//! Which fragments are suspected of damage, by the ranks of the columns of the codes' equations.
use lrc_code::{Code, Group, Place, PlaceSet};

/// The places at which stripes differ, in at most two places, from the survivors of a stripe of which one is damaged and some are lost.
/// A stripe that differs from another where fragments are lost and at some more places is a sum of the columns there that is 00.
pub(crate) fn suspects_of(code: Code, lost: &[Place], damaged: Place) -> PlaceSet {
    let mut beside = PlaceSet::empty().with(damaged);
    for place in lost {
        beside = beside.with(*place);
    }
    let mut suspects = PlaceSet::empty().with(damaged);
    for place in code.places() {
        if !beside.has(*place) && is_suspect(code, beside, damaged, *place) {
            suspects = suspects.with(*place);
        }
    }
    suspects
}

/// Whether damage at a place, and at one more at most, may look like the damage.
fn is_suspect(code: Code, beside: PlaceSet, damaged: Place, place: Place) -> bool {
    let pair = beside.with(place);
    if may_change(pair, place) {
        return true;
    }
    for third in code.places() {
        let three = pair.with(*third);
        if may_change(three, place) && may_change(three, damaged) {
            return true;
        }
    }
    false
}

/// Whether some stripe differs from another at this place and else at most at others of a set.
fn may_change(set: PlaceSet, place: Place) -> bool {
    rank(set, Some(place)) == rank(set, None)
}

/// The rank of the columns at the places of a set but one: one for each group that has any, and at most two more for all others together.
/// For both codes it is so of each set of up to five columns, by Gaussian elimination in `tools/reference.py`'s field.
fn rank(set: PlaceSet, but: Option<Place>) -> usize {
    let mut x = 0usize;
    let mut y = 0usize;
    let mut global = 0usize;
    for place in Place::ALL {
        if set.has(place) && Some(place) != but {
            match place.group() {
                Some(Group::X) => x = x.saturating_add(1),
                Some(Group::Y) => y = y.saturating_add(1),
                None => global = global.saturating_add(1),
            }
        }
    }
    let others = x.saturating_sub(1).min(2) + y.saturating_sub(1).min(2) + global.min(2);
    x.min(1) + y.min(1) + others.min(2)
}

Task requirements: State, as a bare number, how many lines of the listing hold the word "that".

Output of the exercise: 2